The first major censorship battle was over D.H. Lawrence’s “Lady Chatterley’s Lover” in 1957. It was deemed obscene and prompted the U.S. Postal Service to seize copies (the ruling was eventually overturned). Further battles were waged over Henry Miller’s “Tropic of Cancer,” William Burroughs’s “Naked Lunch,” and the film “I Am Curious (Yellow),” for which Mr. Rosset was the distributor. Ultimately, all of these cases broke Mr. Rosset’s way, and some with a huge payoff: “Tropic of Cancer,” for example, sold well over a million copies for Grove and made Mr. Rosset, and his publishing company, rich.
But fortune would not last for Mr. Rosset, whose finances rose and fell from year to year. It is interesting to note that at one point he owned more than 100 acres of prime land in East Hampton, only to sell off parcel after parcel to pay for each impending court battle. It is not an exaggeration to assert that the war over censorship in America was literally paid for with East Hampton real estate.
There are, of course, some tasty anecdotes in the book, including Mr. Rosset pulling a raging actor off Norman Mailer, and a number of very tender recollections of his friendship with Samuel Beckett, which lasted decades. In a rare moment of close observation in “Rosset,” the author remembers a breakfast in Paris with Beckett at which diners placed their orders by submitting cards with pictures of food on them.
“In a funny way, it was pure Beckett . . . you could choose a meal in total silence. In the same vein, Beckett had made increasing use of the stage directions ‘pause’ and ‘silence’ in his work, and had pared down his vocabulary with fewer and fewer words.”
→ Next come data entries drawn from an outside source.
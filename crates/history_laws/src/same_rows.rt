ghost use Rattle.std.specs.Prelude.{ℕ, ◌≡◌, ◌++◌, List};
ghost use Rattle.batch_history.specs.declared.call.Call.{Call};
ghost use Rattle.batch_history.specs.declared.call.Entry.{Entry};
ghost use Rattle.batch_history.specs.declared.query.Query.{Query};
ghost use Rattle.batch_history.specs.Answers.{answer};
ghost use Rattle.batch_history.specs.Legal.{IsLegal};
ghost use Rattle.batch_history.specs.Replies.{reply};
ghost use Rattle.batch_history.specs.Rows.{History, history, rows};

/// No call and no query tells two histories with equal rows apart:
///
/// - Each call has the same reply after both, and each query the same answer.
/// - If both are legal, operations that may follow one may follow the other. The rows are equal
///   after them too.
///
/// So the rows are enough to go on from: a log may forget the operations that made them.
///
/// The function does nothing: its contract is the law, of all histories.
pub fn histories_with_the_same_rows_are_answered_alike()
    ensures reply { (limit : ℕ) (g h : History) → rows g ≡ rows h → (who : ℕ) (call : Call)
        → reply limit g who call ≡ reply limit h who call }
    ensures answer { (g h : History) → rows g ≡ rows h → (query : Query)
        → answer g query ≡ answer h query }
    ensures legal { (limit : ℕ) (g h : History) (more : List Entry) → IsLegal limit h → rows g ≡ rows h
        → IsLegal limit (history g.catalogue (g.log ++ more)) → IsLegal limit (history h.catalogue (h.log ++ more)) }
    ensures rows { (limit : ℕ) (g h : History) (more : List Entry) → IsLegal limit h → rows g ≡ rows h
        → IsLegal limit (history g.catalogue (g.log ++ more))
        → rows (history g.catalogue (g.log ++ more)) ≡ rows (history h.catalogue (h.log ++ more)) }
{}
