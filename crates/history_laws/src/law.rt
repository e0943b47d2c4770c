ghost use Rattle.std.specs.Prelude.{ℕ, ◌≡◌, ◌≢◌, Option, ◌++◌, ◌∷◌, List, None, Some, Ok, true, false, is_some, reverse};
ghost use Rattle.batch_ids.specs.Parameters.{Pair};
ghost use Rattle.jsl_model.specs.Names.{has_twice};
ghost use Rattle.batch_history.specs.declared.call.Call.TheVariants.{Restart, Purge};
ghost use Rattle.batch_history.specs.declared.call.Entry.{Entry};
ghost use Rattle.batch_history.specs.declared.call.Reply.TheVariants.{Work, Execution as IsExecution};
ghost use Rattle.batch_history.specs.declared.call.WorkItem.{WorkItem};
ghost use Rattle.batch_history.specs.declared.call.WorkTask.TheVariants.{Chunk};
ghost use Rattle.batch_history.specs.declared.query.Query.TheVariants.{JobNames};
ghost use Rattle.batch_history.specs.declared.query.Answer.TheVariants.{JobNames as AreNames};
ghost use Rattle.batch_history.specs.declared.rows.ExecutionRow.{ExecutionRow};
ghost use Rattle.batch_history.specs.declared.rows.WorkRow.{WorkRow};
ghost use Rattle.batch_history.specs.Answers.{answer};
ghost use Rattle.batch_history.specs.Legal.{IsLegal, grown};
ghost use Rattle.batch_history.specs.Operations.{purged_by};
ghost use Rattle.batch_history.specs.Purges.{is_purged};
ghost use Rattle.batch_history.specs.Replies.{row_status};
ghost use Rattle.batch_history.specs.Walks.{job_named};
ghost use Rattle.batch_history.specs.Works.{work_key};
ghost use Rattle.batch_history.specs.Rows.{History};
ghost use Rattle.batch_history.specs.Statuses.{is_finished};
ghost use Rattle.history_laws.specs.Laws.{beginning, row_in, work_in, instances_in, instances_but, names_of, names_in, StaysFinished, EndedAt, BelongsTo, WasReady, IsOfOpenStep, GoesOnFrom, RestartsFollow, HasOneUnfinishedEach, FollowsFrom, KeepsPlan, HasInstance, with_name};

/// A finished job execution stays finished. Whatever is accepted later, its row stays as it was,
/// with its exit status, start and end. Only whether it is abandoned and the moment of the last
/// operation on it may change.
///
/// The function does nothing: its contract is the law, of every legal history and each of its
/// beginnings.
#[tactic(auto, using(crate::proofs::Laws::finished_stays))]
pub fn finished_job_executions_stay_finished()
    ensures { (limit : ℕ) (h : History) → IsLegal limit h → (before after : List Entry)
        → h.log ≡ before ++ after → (x : ℕ) (row : ExecutionRow)
        → row_in (beginning h before) x ≡ Some row → is_finished (row_status row) ≡ true
        → StaysFinished h x row }
{}

/// A job execution has an end exactly if it is finished. The end is the moment of the operation
/// after which it was finished for the first time.
///
/// The function only cites the law that it rests on: its contract is the law.
pub fn ends_are_moments_of_operations()
    ensures there { (limit : ℕ) (h : History) → IsLegal limit h → (x : ℕ) (row : ExecutionRow)
        → row_in h x ≡ Some row → is_some row.end ≡ is_finished row.bare }
    ensures moment { (limit : ℕ) (h : History) → IsLegal limit h → (x t : ℕ) (row : ExecutionRow)
        → row_in h x ≡ Some row → row.end ≡ Some t → EndedAt h x t }
{
    finished_job_executions_stay_finished();
}

/// Each work item belongs to a job execution that was taken up, and that is unfinished while the
/// work item is busy. The work item is of a step or a decision of its job. It names a partition
/// exactly if that step is partitioned.
///
/// No work key of a job execution has two work items. So no decision has two, no step that is not
/// partitioned, and no partition of a step.
///
/// The function does nothing: its contract is the law, of every legal history.
#[tactic(auto, using(crate::proofs::Laws::belongs, crate::proofs::Laws::once_each))]
pub fn work_belongs_to_unfinished_job_executions()
    ensures belongs { (limit : ℕ) (h : History) → IsLegal limit h → (w : ℕ) (work : WorkRow)
        → work_in h w ≡ Some work → BelongsTo h work }
    ensures once { (limit : ℕ) (h : History) → IsLegal limit h → (v w : ℕ) (one other : WorkRow)
        → work_in h v ≡ Some one → work_in h w ≡ Some other → v ≢ w
        → one.execution ≡ other.execution → work_key one ≢ work_key other }
{}

/// A work item that is handed out was ready. The reply has the next number, and the first ready
/// work key of the least job execution with something to do, by the operations before it. The walk
/// begins at the element at which the job execution begins. A chunk goes on from the checkpoint of
/// its step or partition. A partition is named exactly if the step is partitioned.
///
/// The function does nothing: its contract is the law, of every entry of a legal history.
#[tactic(auto, using(crate::proofs::Handing::handed_ready))]
pub fn what_is_handed_out_was_ready()
    ensures { (limit : ℕ) (h : History) → IsLegal limit h
        → (before : List Entry) (e : Entry) (after : List Entry) → h.log ≡ before ++ e ∷ after
        → (item : WorkItem) → e.reply ≡ Work item → WasReady (beginning h before) item }
{}

/// No work is handed out of a step that the job execution carries from an earlier one, or that has
/// reached its start limit. Nor is work handed out of a partition kept from an earlier job
/// execution (Jakarta Batch 2.1, "Job Restart Processing").
///
/// The function does nothing: its contract is the law, of every entry of a legal history.
#[tactic(auto, using(crate::proofs::Handing::handed_open))]
pub fn no_work_is_of_a_carried_or_barred_step()
    ensures { (limit : ℕ) (h : History) → IsLegal limit h
        → (before : List Entry) (e : Entry) (after : List Entry) → h.log ≡ before ++ e ∷ after
        → (item : WorkItem) → e.reply ≡ Work item → IsOfOpenStep (beginning h before) item }
{}

/// Each chunk goes on from the checkpoint of its step or partition. It is the one that the
/// operations before it left in the job instance (Jakarta Batch 2.1, "Checkpoint Algorithm").
///
/// The function does nothing: its contract is the law, of every entry of a legal history.
#[tactic(auto, using(crate::proofs::Handing::handed_from))]
pub fn chunks_go_on_from_their_checkpoints()
    ensures { (limit : ℕ) (h : History) → IsLegal limit h
        → (before : List Entry) (e : Entry) (after : List Entry) → h.log ≡ before ++ e ∷ after
        → (item : WorkItem) → e.reply ≡ Work item
        → (reader writer : List ℕ) (processor : Option (List ℕ)) (count : ℕ)
        → (mark : Option (List ℕ)) → item.task ≡ Chunk reader processor writer count mark
        → GoesOnFrom (beginning h before) item mark }
{}

/// Each restart follows the most recent job execution of its job instance, which is STOPPED or
/// FAILED (Jakarta Batch 2.1, "JobOperator", restart).
///
/// The function does nothing: its contract is the law, of every entry of a legal history.
#[tactic(auto, using(crate::proofs::Restarts::restart_follows))]
pub fn restarts_follow_the_most_recent_job_execution()
    ensures { (limit : ℕ) (h : History) → IsLegal limit h → RestartsFollow h }
{}

/// At every moment a job instance has at most one unfinished job execution.
///
/// The function does nothing: its contract is the law, of every legal history and each of its
/// beginnings.
#[tactic(auto, using(crate::proofs::Restarts::one_unfinished))]
pub fn job_instances_have_at_most_one_unfinished_job_execution()
    ensures { (limit : ℕ) (h : History) → IsLegal limit h → HasOneUnfinishedEach h }
{}

/// A job execution follows the plan that its restart gave it. The plan comes from the job execution
/// that the restart names, and from the work of its job instance so far. Whatever is accepted
/// later, the element at which it begins, its carried steps, its kept partitions and its barred
/// steps stay.
///
/// The function does nothing: its contract is the law, of every legal history and each of its
/// beginnings.
#[tactic(auto, using(crate::proofs::Restarts::restart_gives, crate::proofs::Restarts::plan_stays))]
pub fn job_executions_go_by_the_plan_of_their_restart()
    ensures given { (limit : ℕ) (h : History) → IsLegal limit h
        → (before : List Entry) (e : Entry) (after : List Entry) → h.log ≡ before ++ e ∷ after
        → (y x : ℕ) (parameters : List Pair) → e.call ≡ Restart y parameters
        → e.reply ≡ IsExecution x → FollowsFrom (beginning h before) e y x }
    ensures kept { (limit : ℕ) (h : History) → IsLegal limit h → (before after : List Entry)
        → h.log ≡ before ++ after → (x : ℕ) (row : ExecutionRow)
        → row_in (beginning h before) x ≡ Some row → KeepsPlan h x row }
{}

/// Each job execution of a purged job instance is finished.
///
/// The function does nothing: its contract is the law, of every legal history.
pub fn purged_job_executions_are_finished()
    ensures { (limit : ℕ) (h : History) → IsLegal limit h → (x : ℕ) (row : ExecutionRow)
        → row_in h x ≡ Some row → is_purged (reverse h.log) row.instance ≡ true
        → is_finished (row_status row) ≡ true }
{}

/// Each job execution is of a job instance that was begun, and of its job.
///
/// The function does nothing: its contract is the law, of every legal history.
#[tactic(auto, using(crate::proofs::Laws::has_instance))]
pub fn job_executions_have_job_instances()
    ensures { (limit : ℕ) (h : History) → IsLegal limit h → (x : ℕ) (row : ExecutionRow)
        → row_in h x ≡ Some row → HasInstance h row }
{}

/// The job of each job execution is in the catalogue, so that its walk is that of its job.
///
/// The function does nothing: its contract is the law, of every legal history.
pub fn jobs_of_job_executions_are_in_the_catalogue()
    ensures { (limit : ℕ) (h : History) → IsLegal limit h → (x : ℕ) (row : ExecutionRow)
        → row_in h x ≡ Some row → is_some (job_named h.catalogue row.job) ≡ true }
{}

/// The list of job names has each name once, in the order of the least job instance of each. A
/// start of a job that is not in the list appends its name. A purge leaves the names of the other
/// job instances, in their order. Nothing else changes the list. It is the answer of the query of
/// job names.
///
/// The function does nothing. Its contract is the law, of every legal history. Two of its parts
/// hold for every history.
#[tactic(auto, using(crate::proofs::Names::names_once))]
pub fn job_names_stand_once_in_order_of_least_job_instance()
    ensures once { (h : History) → has_twice (names_in h) ≡ false }
    ensures order { (limit : ℕ) (h : History) (e : Entry) → IsLegal limit (grown h e)
        → purged_by e.call ≡ None → names_in (grown h e) ≡ with_name (names_in h) e.call }
    ensures purged { (limit : ℕ) (h : History) (e : Entry) (i : ℕ) → IsLegal limit (grown h e)
        → e.call ≡ Purge i → names_in (grown h e) ≡ names_of (instances_but i (instances_in h)) }
    ensures answered { (h : History) → answer h JobNames ≡ Ok (AreNames (names_in h)) }
{}
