ghost use Rattle.std.specs.Prelude.{◌≡◌, ◌⊎◌, ◌+◌, ◌-◌, ◌<◌, ◌≤◌, [], ◌∷◌, ◌++◌, take, length, slice_get, IfOk, IfErr, Ok, None};
ghost use mathlib.Core.List.{IsPrefix};
ghost use Rattle.std.specs.Option.{option_copied};
ghost use Rattle.batch_history.specs.Answers.{answer};
ghost use Rattle.batch_history.specs.Due.{IsDue};
ghost use Rattle.batch_history.specs.Replies.{reply};
ghost use Rattle.seat_rules.specs.Places.{IsLegalLog};
ghost use Rattle.batch_history.specs.Legal.{entries_by};
ghost use Rattle.seat_rules.specs.Views.{Each, HasStop, informed, new_session};
ghost use Rattle.batch_history.specs.Rows.{history};
ghost use Rattle.sessions.specs.Answered.{entered, moved_on};
ghost use Rattle.sessions.specs.Sessions.{desk_state};

use crate::book::{append_last, length_of};
use crate::session::Session;
use batch_ids::{ExecutionId, Moment, OutOfMemory, Refusal};
use jsl_model::Catalogue;
use op_log::{Answer, Book, Call, Entry, JobRepository, Query, Reply};
use seat_rules::{BookSeat, CopySeat, DeskSeat, SeatTable, Site};
use std::alloc::Global;
use std::marker::Model;

/// The book of a job repository, with the seat of its log. A lock guards it, and each call is made
/// on it.
///
/// Contracts see the log, the number of the session that was opened last, and the read copy that
/// the desk hosts, if any. The book's log is the log of the table's rule.
#[derive(Drop)]
pub struct Desk<N: Site, J: JobRepository> {
    book: Book<J>,
    seat: DeskSeat<N>,
    last: u64,
}

impl<N: Site, J: JobRepository> Model for Desk<N, J> {
    ghost use Rattle.sessions.specs.Sessions.{DeskState, IsDesk};

    ghost Value = { DeskState };

    ghost view = { λ d. record { log = d.book.log; last = d.last; hosted = d.seat.copies } };

    ghost invariant = { λ d. IsDesk J.limit N.place.catalogue d.book d.seat d.last };
}

impl<N: Site, J: JobRepository> Desk<N, J> {
    /// Returns a desk with an empty log, over the first seat of the table that `N` names.
    ///
    /// The repository's limit is at most 1,000,000. The desk allocates all later memory from
    /// `alloc`.
    ///
    /// # Errors
    ///
    /// Returns `OutOfMemory` if memory is refused.
    pub fn new(
        alloc: Global,
        seat: BookSeat,
        catalogue: Catalogue,
    ) -> Result<Desk<N, J>, OutOfMemory>
        requires limit { J.limit ≤ 1000000 }
        requires seat { seat ≡ N.place.table }
        requires catalogue { catalogue ≡ N.place.catalogue }
        ensures { IfOk result (λ desk. desk ≡ desk_state [] 0 []) }
    {
        let book = Book::new(alloc, catalogue)?;
        Ok(Desk {
            book,
            seat: seat.named::<N>(),
            last: 0,
        })
    }

    /// Returns the number of accepted operations. Allocates nothing.
    pub fn len(&self) -> usize
        ensures length { result ≡ length self.now.log }
        ensures legal { IsLegalLog N.place.catalogue self.now.log }
    {
        length_of(&self.book) as usize
    }

    /// Returns the entry with this number, counted from 1, if there is one. Allocates nothing.
    pub fn entry(&self, k: usize) -> Option<&Entry>
        ensures none { k ≡ 0 → option_copied result ≡ None }
        ensures some { 0 < k → option_copied result ≡ slice_get self.now.log (k - 1) }
    {
        self.book.entry(k)
    }

    /// Opens a session. Its number is one above the last, it has called nothing, and it has seen
    /// the whole log. Allocates nothing.
    ///
    /// # Errors
    ///
    /// Returns `RepositoryFull`, with nothing changed, if all numbers of a `u64` are used.
    pub fn open(&mut self, table: &SeatTable) -> Result<Session<N>, Refusal>
        requires table { table.now ≡ N.place }
        requires alone { self.old.hosted ≡ [] }
        ensures opened { IfOk result (λ s. (s ≡ new_session (self.old.last + 1) self.old.log) × (self.new ≡ desk_state self.old.log (self.old.last + 1) [])) }
        ensures refused { IfErr result (λ refusal. (refusal ≡ Refusal.RepositoryFull) × (self.old.last ≡ 18446744073709551615) × (self.new ≡ self.old)) }
        ensures legal { IsLegalLog N.place.catalogue self.new.log }
    {
        let front = length_of(&self.book);
        if self.last == u64::MAX {
            return Err(Refusal::RepositoryFull);
        }
        self.last += 1;
        let seat = self.seat.open(table);
        Ok(Session {
            number: self.last,
            front,
            least: 0,
            accepted: 0,
            seat,
        })
    }

    /// Replies to a session's call at this moment, as a single-threaded book does at the end of the
    /// log. Enters the call if it is accepted. The session then has seen the whole log.
    ///
    /// # Errors
    ///
    /// Returns the call's first refusal that applies, then `RepositoryFull` if the log has as many
    /// entries as the repository's limit says. Returns `OutOfMemory` instead of any reply if memory
    /// is refused. A refused call enters nothing.
    pub fn act(
        &mut self,
        session: &mut Session<N>,
        call: Call,
        at: Moment,
        table: &SeatTable,
    ) -> Result<Reply, Refusal>
        requires table { table.now ≡ N.place }
        requires alone { self.old.hosted ≡ [] }
        ensures reply { IsDue result (reply J.limit (history N.place.catalogue self.old.log) session.old.number call) }
        ensures log { self.new.log ≡ entered self.old.log session.old.number call at result }
        ensures session { session.new ≡ moved_on session.old self.new.log (entered session.old.mine session.old.number call at result) }
        ensures grows { IsPrefix session.old.seen self.old.log }
        ensures own { entries_by session.new.number session.new.seen ≡ session.new.mine }
        ensures legal { IsLegalLog N.place.catalogue self.new.log }
        ensures least { session.old.least ≤ length self.old.log }
        ensures stops { Each (HasStop session.new.seen session.old.least) session.old.stops }
        ensures last { (self.new.last ≡ self.old.last) × (self.new.hosted ≡ []) }
    {
        self.seat.host(&mut session.seat, table);
        let result = self.book.act(session.number, call, at);
        let front = length_of(&self.book);
        match &result {
            Ok(reply) => {
                if reply.is_nothing() {
                    self.seat.part(&mut session.seat, table);
                    session.front = front;
                } else {
                    append_last(&mut self.seat, &self.book, table);
                    self.seat.part(&mut session.seat, table);
                    session.accepted += 1;
                    session.front = front;
                }
            }
            Err(_) => {
                self.seat.part(&mut session.seat, table);
                session.front = front;
            }
        }
        result
    }

    /// Answers a session's query, as a single-threaded book does at the end of the log. The session
    /// then has seen the whole log.
    ///
    /// # Errors
    ///
    /// Returns the query's refusal if it applies, or `OutOfMemory` instead of any answer if memory
    /// is refused.
    pub fn ask(
        &mut self,
        session: &mut Session<N>,
        query: &Query,
        table: &SeatTable,
    ) -> Result<Answer, Refusal>
        requires table { table.now ≡ N.place }
        requires alone { self.old.hosted ≡ [] }
        ensures answer { IsDue result (answer (history N.place.catalogue self.old.log) query.now) }
        ensures desk { self.new ≡ self.old }
        ensures session { session.new ≡ informed self.old.log session.old }
        ensures grows { IsPrefix session.old.seen session.new.seen }
        ensures own { entries_by session.new.number session.new.seen ≡ session.new.mine }
        ensures legal { IsLegalLog N.place.catalogue session.new.seen }
        ensures least { session.old.least ≤ length session.new.seen }
        ensures stops { Each (HasStop session.new.seen session.old.least) session.old.stops }
    {
        self.seat.host(&mut session.seat, table);
        self.seat.part(&mut session.seat, table);
        session.front = length_of(&self.book);
        self.book.ask(query)
    }

    /// Stores a job execution's number in its stop word, for sessions to find. The log must have a
    /// stop of this job execution. Allocates nothing.
    pub fn raise(&mut self, execution: ExecutionId, table: &SeatTable)
        requires table { table.now ≡ N.place }
        requires stopped { HasStop self.old.log (length self.old.log) execution }
        ensures { self.new ≡ self.old }
    {
        self.seat.raise(execution, table);
    }
}

impl<N: Site, J: JobRepository> Desk<N, J> {
    /// Returns the seat of a read copy that has absorbed nothing. Allocates nothing.
    pub fn copy_seat(&mut self, table: &SeatTable) -> CopySeat<N>
        requires table { table.now ≡ N.place }
        requires alone { self.old.hosted ≡ [] }
        ensures desk { self.new ≡ self.old }
        ensures copy { result ≡ [] ∷ [] }
    {
        self.seat.copy_seat(table)
    }

    /// Hosts a read copy. Ensures that the operations that it has absorbed are a prefix of the log.
    /// Allocates nothing.
    pub fn host_copy(&mut self, copy: CopySeat<N>, table: &SeatTable)
        requires table { table.now ≡ N.place }
        requires alone { self.old.hosted ≡ [] }
        requires one { 0 < length copy }
        ensures desk { self.new ≡ desk_state self.old.log self.old.last copy }
        ensures learnt { Each (λ l. IsPrefix l self.old.log) copy }
    {
        self.seat.host_copy(copy, table);
    }

    /// Returns the seat of the hosted read copy, as having absorbed this many operations. Allocates
    /// nothing.
    pub fn part_copy(&mut self, absorbed: u64, table: &SeatTable) -> CopySeat<N>
        requires table { table.now ≡ N.place }
        requires long { (l : _) × (self.old.hosted ≡ l ∷ []) × (length l ≤ absorbed) }
        requires short { absorbed ≤ length self.old.log }
        ensures desk { self.new ≡ desk_state self.old.log self.old.last [] }
        ensures copy { result ≡ take absorbed self.old.log ∷ [] }
    {
        self.seat.part_copy(absorbed, table)
    }
}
Mostly, though, this is a memoir content to enumerate the varied accomplishments of its author in a flat, monochrome voice that is only occasionally roused. And there is a mother lode of publishing minutiae in “Rosset” that most readers will find esoteric: advances, units sold, book fairs, etc.
For all of its faults, however, this book does have a cumulative effect, leaving one in a state of admiration as you follow Mr. Rosset decade after decade in his dogged pursuit of artistic freedom. The book is at its best with its chapters on “Tropic of Cancer,” a novel Mr. Rosset loved intensely. He originally encountered it as a student at Swarthmore in 1940, where he read a smuggled copy. Though publishing it ultimately made him rich, the memoir leaves no doubt of the sincerity in his fight to see it legally published in America.
“. . . there arose from it an almost mystical feeling, a sense of the numinous, which grew stronger as the story went along. . . . Both Miller and Lawrence developed and communicated an intense, freeing belief that we should live the kind of life we desire — and they inspired each of us to believe and do the same.”
As this imperfect memoir reminds us, much the same could be said of Barney Rosset (who died in 2012). In a different kind of country, he might have won the Congressional Medal of Freedom. As it is, we have simply his legacy, one where the meaning of the word “obscene” — indeed the cultural landscape of America itself — was changed forever.
Kurt Wenzel’s novels include “Lit Life” and “Gotham Tragic.” He lives in Springs.